Since jurors do not understand whether charges in a community are usual and customary, expert evidence is typically needed to prove the reasonableness of fees. The federal Daubert standard and its state counterparts require expert to testimony to be based on sufficient facts and a reliable methodology that experts apply to the facts in a reliable way. Physicians might have anecdotal conversations with other doctors about fees, but they can rarely claim to have used a reliable methodology to determine whether their charges are reasonable.

Familiarity with billing and diagnostic codes gives medical billing experts specialized knowledge that ordinary jurors do not possess. Courts agree that medical billing experts do not need medical training to qualify as expert witnesses.
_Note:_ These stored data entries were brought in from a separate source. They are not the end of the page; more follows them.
//! Whether the lines of an input are those that are stored.
use printer::each::each_line;
use printer::route::RoutedBytes;
use snapshot::ids::{Area, WordCount};

/// The memory of a printer: an input's words, the work area and a line.
#[derive(Drop)]
pub struct Space {
    pub words: [u32; WordCount::SNAPSHOT],
    pub area: Area,
    pub out: [u8; RoutedBytes::LIMIT],
}

// A line that is not as stored.
#[derive(Drop)]
struct Differs;

impl Space {
    /// Whether the printer prints these lines for an input.
    pub(crate) fn prints(&mut self, bytes: &[u8], lines: &[u8]) -> bool {
        let mut rest = lines;
        let mut compare = |line: &[u8]| -> Result<(), Differs> {
            rest = rest.strip_prefix(line).ok_or(Differs)?;
            Ok(())
        };
        let compared = each_line(
            bytes,
            &mut self.words,
            &mut self.area,
            &mut self.out,
            &mut compare,
        );
        compared.is_ok() && rest.is_empty()
    }
}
Medical billing experts satisfy the Daubert standard by gathering sufficient facts and data. They review medical records to determine whether the billings are accurate and whether they reflect the correct billing codes. They base opinions on databases that record the actual costs of specific medical services within a community. Courts consider those facts to be sufficient to support an expert’s analysis of a medical billing.

Medical billing experts also derive their opinions from reliable methodologies. They use databases to determine the actual prices charged by other physicians in the same area for the same services. That analysis allows the expert to determine whether the medical billing falls within a reasonable range of charges for the same services or is substantially higher. 

By adhering to methodologies that satisfy Daubert , medical billing review experts offer admissible expert testimony in wrongful death cases. Whether called by a plaintiff to establish that bills are reasonable or by a defendant to challenge reasonableness, a medical billing review expert is an essential witness in wrongful death litigation.